On Thu, Jun 13, 2019 at 10:18:00AM +0000, Naga Sureshkumar Relli wrote:
> I spent much of time to address all your comments.
> All are addressed and tested. except the above one(address offset calculation)
> I didn't see any issue with the address calculation.

Let me first point out that this comment was not trying to imply a bug.
I was trying to understand the code by comparing it to similar code and
that turned up an inconsistency, which can be intentional or a bug in
either of the sides being compared.

> for (i = 0; i < min_t(unsigned int, 4, naddrs); i++) {
> 	nfc_op->addrs |= instr->ctx.addr.addrs[i] <<
> 			 (8 * i);
> }
> If you go through the nand_base.c, there nand_fill_column_cycles() API, fills the first two or one address cycle
> Based on bus width and page size.
> That means, addrs[0]/[1] will be updated here.
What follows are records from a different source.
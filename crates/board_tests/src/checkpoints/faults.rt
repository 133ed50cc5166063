//! A checkpoint in which the disk fails, and the board that goes on.
use super::heads::BEFORE;
use super::life::{FULL_CALLS, area_with};
use super::stops::left;
use super::{CALLS, are_named, does};
use crate::asserts::{holds, is_end, is_kept, is_number, is_outcome};
use crate::making::{Opened, copy_of, desire, disk_in, disk_of, found, kept, loaded};
use bbs_board::Board;
use bbs_model::{CallFault, Command};
use disk_trait::{Area, Disk, MemoryDisk, Torn};
use std::alloc::Global;
use std::process::Abort;
use std::test::Fail;

// The first of these processes that could be made known, by its letter.
fn offer<D: Disk>(board: &mut Board<D>, offers: &[(u8, Command)]) -> u8 {
    for (letter, command) in offers {
        if does(board, *command) {
            return *letter;
        }
    }
    b'?'
}

// The checkpoint fails and adds no doubt, and what is called then is done in the end.
fn goes_on<D: Disk + Drop>(
    rt: &impl Abort,
    mut board: Board<D>,
    offers: &[(u8, Command)],
) -> (D, u8) {
    is_outcome(rt, board.checkpoint(), Err(CallFault::Disk { place: 0 }));
    holds(rt, board.log().is_empty());
    let done = offer(&mut board, offers);
    (disk_in(board), done)
}

/// The call fails and is a doubt, and what is called then is done in the end.
pub fn doubts<D: Disk + Drop>(
    rt: &impl Abort,
    mut board: Board<D>,
    doubt: Command,
    offers: &[(u8, Command)],
) -> (D, u8) {
    is_end(rt, board.call(1, doubt), Err(CallFault::Disk { place: 0 }));
    let done = offer(&mut board, offers);
    (disk_in(board), done)
}

/// Three processes that may be made known, each by its letter.
pub fn offers() -> Result<[(u8, Command); 3], Fail> {
    Ok([
        (b'n', desire(b'n', 1)?),
        (b'o', desire(b'o', 1)?),
        (b'p', desire(b'p', 1)?),
    ])
}

// A board is found there, with these processes.
fn is_found(
    rt: &impl Abort,
    alloc: Global,
    found: &Opened,
    area: Area,
    names: &[u8],
) -> Result<(), Fail> {
    holds(rt, found.kept.area == area);
    are_named(rt, alloc, &found.rows, names)
}

/// Each stop behind these calls leaves a board there, with the process that was done and the others.
pub fn leaves(
    rt: &impl Abort,
    alloc: Global,
    disk: &mut MemoryDisk,
    area: Area,
    names: &[u8],
) -> Result<(), Fail> {
    let end = disk.clock();
    // A stop within the next call is one after the last.
    holds(rt, disk.sync(Area::B).is_ok());
    for torn in [Torn::Old, Torn::New, Torn::Byte(7)] {
        let found = left(rt, alloc, disk, end.saturating_add(1), torn)?;
        is_found(rt, alloc, &found, area, names)?;
    }
    Ok(())
}

fn fails(rt: &impl Abort, alloc: Global, failing: &[u64]) -> Result<(), Fail> {
    let offers = offers()?;
    let board = loaded(alloc, disk_of(alloc, &BEFORE, b"", failing)?)?;
    let (mut disk, done) = goes_on(rt, board, &offers);
    leaves(rt, alloc, &mut disk, Area::A, &[done, b'w', b'e', b'b'])
}

#[test]
fn a_checkpoint_that_failed_leaves_no_doubt(rt: HostRuntime) -> Result<(), Fail> {
    let alloc = rt.alloc();
    for call in CALLS + 1..CALLS + 9 {
        fails(&rt, alloc, &[call])?;
        fails(&rt, alloc, &[call, call + 1])?;
    }
    Ok(())
}

// The checkpoint fails, and one that is asked for again is made in the end.
fn is_made<D: Disk + Drop>(rt: &impl Abort, mut board: Board<D>) -> D {
    is_outcome(rt, board.checkpoint(), Err(CallFault::Disk { place: 0 }));
    for _ in 0..2u32 {
        let _end = board.checkpoint();
    }
    is_kept(rt, board.kept_in(), kept(Area::B, 2, 0));
    disk_in(board)
}

// The board is in the new area, with all that was done.
fn is_made_there(rt: &impl Abort, alloc: Global, found: &Opened) -> Result<(), Fail> {
    is_kept(rt, found.kept, kept(Area::B, 2, 0));
    is_number(rt, found.rows.next, 10);
    are_named(rt, alloc, &found.rows, b"web")
}

fn fails_at_first(rt: &impl Abort, alloc: Global, failing: &[u64]) -> Result<(), Fail> {
    let board = loaded(alloc, disk_of(alloc, &BEFORE, b"", failing)?)?;
    let disk = is_made(rt, board);
    let found = found(alloc, copy_of(alloc, &disk)?)?;
    is_made_there(rt, alloc, &found)
}

#[test]
fn a_checkpoint_that_failed_may_be_made_again(rt: HostRuntime) -> Result<(), Fail> {
    let alloc = rt.alloc();
    for call in CALLS + 1..CALLS + 9 {
        fails_at_first(&rt, alloc, &[call])?;
        fails_at_first(&rt, alloc, &[call, call + 1])?;
    }
    Ok(())
}

fn fails_in_a_call(
    rt: &impl Abort,
    alloc: Global,
    area: &[u8],
    failing: &[u64],
) -> Result<(), Fail> {
    let doubt = desire(b'm', 1)?;
    let offers = offers()?;
    let board = loaded(alloc, disk_of(alloc, area, b"", failing)?)?;
    let (mut disk, done) = doubts(rt, board, doubt, &offers);
    leaves(rt, alloc, &mut disk, Area::B, &[done, b'w'])
}

#[test]
fn a_call_whose_checkpoint_failed_is_a_doubt_that_is_gone(rt: HostRuntime) -> Result<(), Fail> {
    let alloc = rt.alloc();
    let area = area_with(&rt, alloc, 4096)?;
    // The other gate is closed in calls 9 and 10, what stands behind it is written in 11 to 14, and
    // it is opened in 15 and 16. The frame is written in 17, and its gate in 19.
    for call in FULL_CALLS + 1..FULL_CALLS + 13 {
        fails_in_a_call(&rt, alloc, &area, &[call])?;
        fails_in_a_call(&rt, alloc, &area, &[call, call + 1])?;
    }
    // The gate was written, and closing it again fails at the sync.
    fails_in_a_call(&rt, alloc, &area, &[15, 17])?;
    fails_in_a_call(&rt, alloc, &area, &[16, 18])
}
The problem at hand is that `addrs` is imprecise. In this code, there
are `instr->ctx.addr.addrs`, `addrs`, and `nfc_op->addrs`. All of them
are different. My original remark was targeting the possible confusion
of these different `addrs`.

> And the page is updated to the next offsets.
> In the similar way we have to extract the offsets in driver.
> So the first four address bytes are stored using the above for() loop and if the
> Address cycles are more than 4, then store the remaining offsets as well.
> 
> I just compared the offsets that are updated in driver with the offsets(page and column) that the frame work(nand_base.c) is sending, and the offsets are same.
> I have also checked these offsets with older driver(not exec_op() implemented) and both are matching.
> 
> So I didn't see any issue with this addrs calculation.
> As per the statement mentioned by you, this driver consumes addr[0], addr[1], addr[2], addr[3] and
> If more address cycles needed, then addr[4] and addr[5]. This is correct.

Again, the lack of precision makes it difficult to discuss the matter.
You refer to `addr`, but there is no `addr`. I assume that you meant
`addrs` here. Based on that assumption, your second last statement is
wrong. The driver consumes `addrs[0]|addrs[-offset]` rather than
`addrs[0]` as the first byte.  Then it proceeds consuming
`addrs[1-offset]` instead of `addrs[1]`, `addrs[2-offset]` instead of
`addrs[2]`, and `addrs[3-offset]` instead of `addrs[3]`. Finally it
consumes `addrs[4]` and `addrs[5]` if more cycles are needed.

I would not have commented the code if it were actually using `addrs[0]`
through `addrs[5]`. Your description looks reasonable to me, but it
doesn't match the code.

I'm looking forward to the next version of the patch.